8-Aminoquinoline (AQ) has been widely used as a bidentate auxiliary in various metal-catalyzed C-H functionalization reactions[1]. However, like many directing groups, it is non-trivial to be removed. Generally, harsh conditions were employed for its removal to release free carboxylic acid or primary amide via hydrolysis, ammonolysis, or alcoholysis mechanism (Fig. 1a) [[2]]. Compared to AQ, N-aryl groups are more difficult to remove [3], and ceric ammonium nitrate (CAN) mediated oxidative N-dearylation only works for p-aminoanisole-containing substrates [2c, 2h, 4].

Existing C(aryl)-N bond cleavage reactions of aromatic amines are limited to a specific set of amino substituted aromatic amines, including arylhydrazines and aniline derivatives (Fig. 1b) [5]. Regiospecific cleavage of the inert C(aryl)-N bonds of N-aryl amides is a formidable challenge and has been largely unexplored because the C(carbonyl)-N bonds are more reactive, and are generally broken prior to C(aryl)-N bonds in N-aryl amides [6], owing to the lower bond dissociation energy of the former (95 kcal/mol) compared to that of the latter (104 kcal/mol) (Fig. 1b) [7]. On the other hand, literatures precedents on the C(aryl)-N bonds cleavage reaction of N-aryl amides primarily focused on functionalization of aryl moiety [8], with the amide group being treated as a leaving group whose fate are rarely studied [9].

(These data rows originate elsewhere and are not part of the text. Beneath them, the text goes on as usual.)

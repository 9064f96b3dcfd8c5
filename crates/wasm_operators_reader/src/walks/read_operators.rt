//! Operators from a reader of bytes, where the caller keeps the frames.

ghost use Rattle.std.specs.Prelude.{◌≡◌, ◌+◌, ◌<◌, false, None, [], length, IfOk, IfErr};
ghost use Rattle.wasm_types.specs.decoding.Decoder.{State};
ghost use Rattle.wasm_types.specs.decoding.declared.error.ErrorKind.TheVariants.{Other};
ghost use Rattle.wasm_types.specs.reader.Reading.{NeedsNoMemory};
ghost use Rattle.wasm_operators_enums.specs.Op.{op_of};
ghost use Rattle.wasm_operators_decode.specs.Memory.{keeps_list_at};
ghost use Rattle.wasm_operators_enums.specs.Vectors.{is_simd};
ghost use Rattle.wasm_operators_reader.specs.walks.InFrame.{ReadsIn, RefusesIn, RefusesPlainIn};

use crate::visiting::unread_in_frame;
use crate::{FrameKind, FrameStack, Operator, misplaced, read_operator, unexpected_vector};
use std::alloc::Global;
use wasm_operators_enums::is_simd;
use wasm_types::{BinaryReader, Error, Result, Words};

/// Looks at operators, where a stack knows which frames are open. With no frame open nothing is read: that is refused before a
/// byte is read.
pub trait ReadOperators<'a> {
    ghost use Rattle.wasm_types.specs.decoding.Decoder.{State as TheState};

    /// Where it stands.
    ghost state: { Self → TheState };

    /// The next operator, which stays.
    ///
    /// # Errors
    ///
    /// No frame is open; the bytes spell no operator that the features of the reader allow; the operator may not come next in
    /// the innermost frame; or there is no memory for a list that it keeps.
    fn peek_operator<S: FrameStack>(&self, alloc: Global, stack: &S) -> Result<Operator<'a>>
        ensures read { IfOk result (λ op. (t : State) × ReadsIn (S.frame stack.now) (state self.now) (op_of op) t) }
        ensures refused { IfErr result (λ e. RefusesIn (S.frame stack.now) (state self.now) e) }
        ensures no_memory { keeps_list_at (state self.now) ≡ false → NeedsNoMemory result };

    /// That no frame is open, and no byte left.
    ///
    /// # Errors
    ///
    /// A frame is open, or bytes are left.
    fn finish_expression<S: FrameStack>(&self, stack: &S) -> Result<()>
        ensures finished { IfOk result (λ _. (S.frame stack.now ≡ None) × ((state self.now).rest ≡ [])) }
        ensures refused { IfErr result (λ e. (S.frame stack.now ≡ None → (state self.now).rest ≡ [] → ⊥)
            × (e.kind ≡ Other) × (e.offset ≡ (state self.now).place)) }
        ensures no_memory { NeedsNoMemory result };
}

impl<'a> ReadOperators<'a> for BinaryReader<'a> {
    ghost state = { λ r. r };

    fn peek_operator<S: FrameStack>(&self, alloc: Global, stack: &S) -> Result<Operator<'a>> {
        let mut reader = self.clone();
        read_in_frame(alloc, stack.current_frame(), &mut reader)
    }

    fn finish_expression<S: FrameStack>(&self, stack: &S) -> Result<()> {
        if stack.current_frame().is_some() {
            return Err(Error::new(
                Words::ControlFramesRemainAtEndOfFunctionBodyOrExpression,
                self.original_position(),
            ));
        }
        if !self.eof() {
            return Err(Error::new(
                Words::UnexpectedDataAtTheEndOfOperators,
                self.original_position(),
            ));
        }
        Ok(())
    }
}

/// The next operator, where this frame is the innermost.
///
/// # Errors
///
/// As `ReadOperators::peek_operator`. The reader stays as it was.
pub fn read_in_frame<'a>(
    alloc: Global,
    frame: Option<FrameKind>,
    reader: &mut BinaryReader<'a>,
) -> Result<Operator<'a>>
    ensures read { IfOk result (λ op. ReadsIn frame reader.old (op_of op) reader.new) }
    ensures refused { IfErr result (λ e. RefusesIn frame reader.old e × (reader.new ≡ reader.old)) }
    ensures no_memory { keeps_list_at reader.old ≡ false → NeedsNoMemory result }
{
    if frame.is_none() {
        return Err(Error::new(
            Words::OperatorsRemainingAfterEndOfFunctionBodyOrExpression,
            reader.original_position(),
        ));
    }
    let start = reader.clone();
    let op = match read_operator(alloc, reader) {
        Ok(op) => op,
        Err(error) => return Err(error),
    };
    if !op.fits_frame(frame) {
        let error = misplaced(&op, &start);
        *reader = start;
        return Err(error);
    }
    Ok(op)
}

/// The same, where the operator is not one on vectors.
///
/// # Errors
///
/// As [`read_in_frame`]; and where the operator is one on vectors, which is refused where it begins, whatever follows its first byte.
/// The reader stays as it was.
pub fn read_plain_in_frame<'a>(
    alloc: Global,
    frame: Option<FrameKind>,
    reader: &mut BinaryReader<'a>,
) -> Result<Operator<'a>>
    ensures read { IfOk result (λ op. ReadsIn frame reader.old (op_of op) reader.new × (is_simd (op_of op) ≡ false)) }
    ensures refused { IfErr result (λ e. RefusesPlainIn frame reader.old e × (reader.new ≡ reader.old)) }
    ensures no_memory { keeps_list_at reader.old ≡ false → NeedsNoMemory result }
{
    let start = reader.clone();
    let op = match read_in_frame(alloc, frame, reader) {
        Ok(op) => op,
        Err(error) => return Err(unread_in_frame(frame, &start, error)),
    };
    if is_simd(&op) {
        let place = start.original_position();
        *reader = start;
        return Err(unexpected_vector(place));
    }
    Ok(op)
}
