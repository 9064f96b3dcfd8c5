//! Visits of all operators.
//!
//! [`VisitSimdOperator`] is one name for all traits of visits: `VisitOperator` and the four of vectors. Whatever has
//! these has it too. Its own two functions call the visit that belongs to an operator, vectors included, and promise
//! the relation of the visitor for that operator.
#![tactic(auto)]

ghost use Rattle.std.specs.Prelude.{◌≡◌, IsTrue, IfOk, IfErr, OnErr};
ghost use Rattle.wasm_operators_visit_operator.specs.visit.Memory.{keeps_list};
ghost use Rattle.wasm_operators_enums.specs.Op.{op_of};

use std::alloc::AllocError;
use wasm_operators_visit_operator::{
    copy, visit_atomic, visit_bulk, visit_const, visit_continuation, visit_control,
    visit_descriptor, visit_exception, visit_gc, visit_memory, visit_numeric, visit_parametric,
    visit_shared,
};
pub use wasm_operators_visit_operator::{
    VisitAtomic, VisitControl, VisitFloats, VisitGc, VisitIntegers, VisitMemory, VisitOperator,
    VisitShared,
};
use wasm_operators_visit_simd::{Operator, visit_simd, visit_simd_numeric};
pub use wasm_operators_visit_simd::{
    VisitSimd, VisitSimdFloats, VisitSimdNarrow, VisitSimdWide, Visitor,
};

/// A visitor of all operators, those on vectors too.
pub trait VisitSimdOperator<'a>: VisitOperator<'a>
    + VisitSimd<'a>
    + VisitSimdNarrow<'a>
    + VisitSimdWide<'a>
    + VisitSimdFloats<'a> {
    /// Calls the visit that belongs to any operator, and hands the operator over. It takes no memory.
    fn visit_simd_owned(&mut self, op: Operator<'a>) -> Self::Output
        ensures { Self.visits self.old (op_of op.entry) result self.new };

    /// Calls the visit that belongs to any operator, which gets a copy of the operator's tables.
    ///
    /// # Errors
    ///
    /// Where the operator keeps a list, and there is no memory for the copy. The visitor is then told nothing.
    fn visit_simd_operator(&mut self, op: &Operator<'a>) -> Result<Self::Output, AllocError>
        ensures visited { IfOk result (λ answer. Self.visits self.old (op_of op.now) answer self.new) }
        ensures kept { IfErr result (λ _. self.new ≡ self.old) }
        ensures memory { OnErr result (IsTrue (keeps_list (op_of op.now))) };
}

impl<'a, V> VisitSimdOperator<'a> for V
where
    V: VisitOperator<'a>
        + VisitSimd<'a>
        + VisitSimdNarrow<'a>
        + VisitSimdWide<'a>
        + VisitSimdFloats<'a>,
{
    fn visit_simd_owned(&mut self, op: Operator<'a>) -> Self::Output {
        match op {
            Operator::Control(op) => visit_control(self, op),
            Operator::Parametric(op) => visit_parametric(self, op),
            Operator::Exception(op) => visit_exception(self, op),
            Operator::Memory(op) => visit_memory(self, op),
            Operator::Const(op) => visit_const(self, op),
            Operator::Numeric(op) => visit_numeric(self, op),
            Operator::Bulk(op) => visit_bulk(self, op),
            Operator::Gc(op) => visit_gc(self, op),
            Operator::Descriptor(op) => visit_descriptor(self, op),
            Operator::Simd(op) => visit_simd(self, op),
            Operator::SimdNumeric(op) => visit_simd_numeric(self, op),
            Operator::Atomic(op) => visit_atomic(self, op),
            Operator::Shared(op) => visit_shared(self, op),
            Operator::Continuation(op) => visit_continuation(self, op),
        }
    }

    fn visit_simd_operator(&mut self, op: &Operator<'a>) -> Result<Self::Output, AllocError> {
        let Ok(op) = copy(op) else {
            return Err(AllocError);
        };
        Ok(self.visit_simd_owned(op))
    }
}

Recently, Zhang's group from Henan Normal University collaborating with Chen's group of Nankai University developed a series of hypervalent iodine(V) reagent promoted regiospecific cleavage of inert aryl C-N bonds in N-aryl amides (Fig. 1c) [10]. They also demonstrated a more economical protocol using a catalytic amount of 2-iodobenzoic acid and oxone co-oxidant. With this protocol, a variety of primary amides were obtained in excellent yields and chiral integrity from the chemoselective N-aryl bond cleavage of N-aryl amides and sulfonamides. It is worth noting that some primary amides cannot be accessed by conventional methods, highlighting the advantages and practical value of this strategy. Especially, the reactions worked well with a variety of chiral α-amino acid substrates bearing multi-functionalized side chains. The reactions showed remarkable chemoselectivity and functional group tolerance, and allowed for easy removal of N-aryl groups of amides under mild conditions without affecting any other active functional groups. In this sense, it bestows these aryl groups with the characteristics of amino protecting groups (Fig. 1d). Mechanistically, the organoiodine(V) reagent-mediated removal of aryl group most likely starts with a substitution reaction between amide starting materials and the hypervalent iodine(V) reagent, such as IBX, to form iodoimidate A [11]. Intramolecular nucleophilic attack of the oxo group on the iodine center of A onto the ortho-carbon of aryl group triggers the dearomatization of aniline moiety to form intermediate B [11, 12]. Deprotonation and cleavage of exocyclic O-I bond of B give o-iminoquinone species C and 2-iodobenzoic acid. Hydrolysis of C gives the primary amides and quinolinediones. The metal-free, chemoselective N-aryl deprotection procedure allows removal of sort of aryl groups under mild conditions to give primary amides in high efficiency without affecting other C-N bonds or reactive function group. Significantly, chiral substrates also gave primary amides in excellent isolated yield and with excellent chiral fidelity. This feature renders the aryl group with the characteristics of a N-protection group that would be a supplement to the currently used ones. We anticipate that this feature may be used widespread in organic synthesis, biochemistry, asymmetric catalysis and material chemistry, where protection of amino groups is necessary.

The authors declare that they have no known competing financial interests or personal relationships that could have appeared to influence the work reported in this paper.